(Recorded information begins)

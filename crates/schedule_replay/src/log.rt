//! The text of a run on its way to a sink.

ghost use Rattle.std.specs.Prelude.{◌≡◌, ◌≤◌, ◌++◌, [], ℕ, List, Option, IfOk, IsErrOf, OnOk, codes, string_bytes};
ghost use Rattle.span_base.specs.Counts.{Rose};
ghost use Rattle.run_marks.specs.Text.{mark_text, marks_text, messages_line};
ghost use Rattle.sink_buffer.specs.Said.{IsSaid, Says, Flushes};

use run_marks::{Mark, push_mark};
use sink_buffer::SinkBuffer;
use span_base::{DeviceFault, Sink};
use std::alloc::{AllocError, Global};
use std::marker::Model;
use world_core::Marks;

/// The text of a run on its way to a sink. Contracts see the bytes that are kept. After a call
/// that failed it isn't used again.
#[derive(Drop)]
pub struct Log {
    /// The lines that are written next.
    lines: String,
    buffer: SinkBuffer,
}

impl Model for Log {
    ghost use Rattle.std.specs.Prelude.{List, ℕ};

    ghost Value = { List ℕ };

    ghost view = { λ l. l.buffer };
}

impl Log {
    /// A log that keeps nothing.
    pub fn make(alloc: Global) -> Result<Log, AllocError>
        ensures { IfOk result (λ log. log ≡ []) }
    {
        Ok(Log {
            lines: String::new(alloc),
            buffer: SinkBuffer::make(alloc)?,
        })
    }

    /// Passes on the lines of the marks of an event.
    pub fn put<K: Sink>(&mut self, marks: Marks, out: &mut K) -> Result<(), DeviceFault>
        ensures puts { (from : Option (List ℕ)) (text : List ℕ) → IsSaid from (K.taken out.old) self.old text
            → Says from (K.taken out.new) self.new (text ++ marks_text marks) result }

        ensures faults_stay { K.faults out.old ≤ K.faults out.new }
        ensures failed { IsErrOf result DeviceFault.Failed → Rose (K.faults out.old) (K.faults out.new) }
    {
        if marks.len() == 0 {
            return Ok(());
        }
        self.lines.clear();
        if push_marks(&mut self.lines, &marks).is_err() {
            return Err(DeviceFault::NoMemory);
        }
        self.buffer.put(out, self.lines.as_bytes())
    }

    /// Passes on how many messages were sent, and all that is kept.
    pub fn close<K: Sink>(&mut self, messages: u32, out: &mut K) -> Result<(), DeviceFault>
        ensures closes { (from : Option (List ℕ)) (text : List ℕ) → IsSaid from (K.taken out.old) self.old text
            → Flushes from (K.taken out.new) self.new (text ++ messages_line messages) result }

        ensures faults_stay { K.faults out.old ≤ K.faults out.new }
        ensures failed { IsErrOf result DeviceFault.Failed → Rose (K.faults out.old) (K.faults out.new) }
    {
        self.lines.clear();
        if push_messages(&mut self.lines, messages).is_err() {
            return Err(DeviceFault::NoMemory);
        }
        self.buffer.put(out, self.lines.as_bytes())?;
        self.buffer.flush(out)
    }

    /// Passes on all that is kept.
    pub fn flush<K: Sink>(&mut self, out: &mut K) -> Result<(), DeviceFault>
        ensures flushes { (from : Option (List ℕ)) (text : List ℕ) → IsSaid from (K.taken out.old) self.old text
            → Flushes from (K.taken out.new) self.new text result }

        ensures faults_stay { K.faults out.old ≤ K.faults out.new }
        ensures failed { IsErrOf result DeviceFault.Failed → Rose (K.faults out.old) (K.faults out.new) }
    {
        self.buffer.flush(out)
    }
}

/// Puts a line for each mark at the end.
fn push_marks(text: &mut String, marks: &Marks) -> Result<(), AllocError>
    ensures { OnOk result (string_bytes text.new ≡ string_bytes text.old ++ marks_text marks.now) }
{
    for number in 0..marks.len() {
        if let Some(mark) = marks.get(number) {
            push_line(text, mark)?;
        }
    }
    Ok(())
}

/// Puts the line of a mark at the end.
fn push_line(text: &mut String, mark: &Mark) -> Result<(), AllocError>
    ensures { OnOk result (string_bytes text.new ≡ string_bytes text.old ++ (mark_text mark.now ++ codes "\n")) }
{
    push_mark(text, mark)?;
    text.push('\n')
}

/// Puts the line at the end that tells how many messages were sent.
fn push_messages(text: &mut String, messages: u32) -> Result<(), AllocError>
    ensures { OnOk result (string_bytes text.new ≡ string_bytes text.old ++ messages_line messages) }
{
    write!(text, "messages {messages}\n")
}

(Recorded information ends)

Instructions to follow: Reproduce every line of the data so that nothing differs from the original.

Response area:
filename crates/schedule_replay/src/log.rt
//! The text of a run on its way to a sink.

ghost use Rattle.std.specs.Prelude.{◌≡◌, ◌≤◌, ◌++◌, [], ℕ, List, Option, IfOk, IsErrOf, OnOk, codes, string_bytes};
ghost use Rattle.span_base.specs.Counts.{Rose};
ghost use Rattle.run_marks.specs.Text.{mark_text, marks_text, messages_line};
ghost use Rattle.sink_buffer.specs.Said.{IsSaid, Says, Flushes};

use run_marks::{Mark, push_mark};
use sink_buffer::SinkBuffer;
use span_base::{DeviceFault, Sink};
use std::alloc::{AllocError, Global};
use std::marker::Model;
use world_core::Marks;

/// The text of a run on its way to a sink. Contracts see the bytes that are kept. After a call
/// that failed it isn't used again.
#[derive(Drop)]
pub struct Log {
    /// The lines that are written next.
    lines: String,
    buffer: SinkBuffer,
}

impl Model for Log {
    ghost use Rattle.std.specs.Prelude.{List, ℕ};

    ghost Value = { List ℕ };

    ghost view = { λ l. l.buffer };
}

impl Log {
    /// A log that keeps nothing.
    pub fn make(alloc: Global) -> Result<Log, AllocError>
        ensures { IfOk result (λ log. log ≡ []) }
    {
        Ok(Log {
            lines: String::new(alloc),
            buffer: SinkBuffer::make(alloc)?,
        })
    }

    /// Passes on the lines of the marks of an event.
    pub fn put<K: Sink>(&mut self, marks: Marks, out: &mut K) -> Result<(), DeviceFault>
        ensures puts { (from : Option (List ℕ)) (text : List ℕ) → IsSaid from (K.taken out.old) self.old text
            → Says from (K.taken out.new) self.new (text ++ marks_text marks) result }

        ensures faults_stay { K.faults out.old ≤ K.faults out.new }
        ensures failed { IsErrOf result DeviceFault.Failed → Rose (K.faults out.old) (K.faults out.new) }
    {
        if marks.len() == 0 {
            return Ok(());
        }
        self.lines.clear();
        if push_marks(&mut self.lines, &marks).is_err() {
            return Err(DeviceFault::NoMemory);
        }
        self.buffer.put(out, self.lines.as_bytes())
    }

    /// Passes on how many messages were sent, and all that is kept.
    pub fn close<K: Sink>(&mut self, messages: u32, out: &mut K) -> Result<(), DeviceFault>
        ensures closes { (from : Option (List ℕ)) (text : List ℕ) → IsSaid from (K.taken out.old) self.old text
            → Flushes from (K.taken out.new) self.new (text ++ messages_line messages) result }

        ensures faults_stay { K.faults out.old ≤ K.faults out.new }
        ensures failed { IsErrOf result DeviceFault.Failed → Rose (K.faults out.old) (K.faults out.new) }
    {
        self.lines.clear();
        if push_messages(&mut self.lines, messages).is_err() {
            return Err(DeviceFault::NoMemory);
        }
        self.buffer.put(out, self.lines.as_bytes())?;
        self.buffer.flush(out)
    }

    /// Passes on all that is kept.
    pub fn flush<K: Sink>(&mut self, out: &mut K) -> Result<(), DeviceFault>
        ensures flushes { (from : Option (List ℕ)) (text : List ℕ) → IsSaid from (K.taken out.old) self.old text
            → Flushes from (K.taken out.new) self.new text result }

        ensures faults_stay { K.faults out.old ≤ K.faults out.new }
        ensures failed { IsErrOf result DeviceFault.Failed → Rose (K.faults out.old) (K.faults out.new) }
    {
        self.buffer.flush(out)
    }
}

/// Puts a line for each mark at the end.
fn push_marks(text: &mut String, marks: &Marks) -> Result<(), AllocError>
    ensures { OnOk result (string_bytes text.new ≡ string_bytes text.old ++ marks_text marks.now) }
{
    for number in 0..marks.len() {
        if let Some(mark) = marks.get(number) {
            push_line(text, mark)?;
        }
    }
    Ok(())
}

/// Puts the line of a mark at the end.
fn push_line(text: &mut String, mark: &Mark) -> Result<(), AllocError>
    ensures { OnOk result (string_bytes text.new ≡ string_bytes text.old ++ (mark_text mark.now ++ codes "\n")) }
{
    push_mark(text, mark)?;
    text.push('\n')
}

/// Puts the line at the end that tells how many messages were sent.
fn push_messages(text: &mut String, messages: u32) -> Result<(), AllocError>
    ensures { OnOk result (string_bytes text.new ≡ string_bytes text.old ++ messages_line messages) }
{
    write!(text, "messages {messages}\n")
}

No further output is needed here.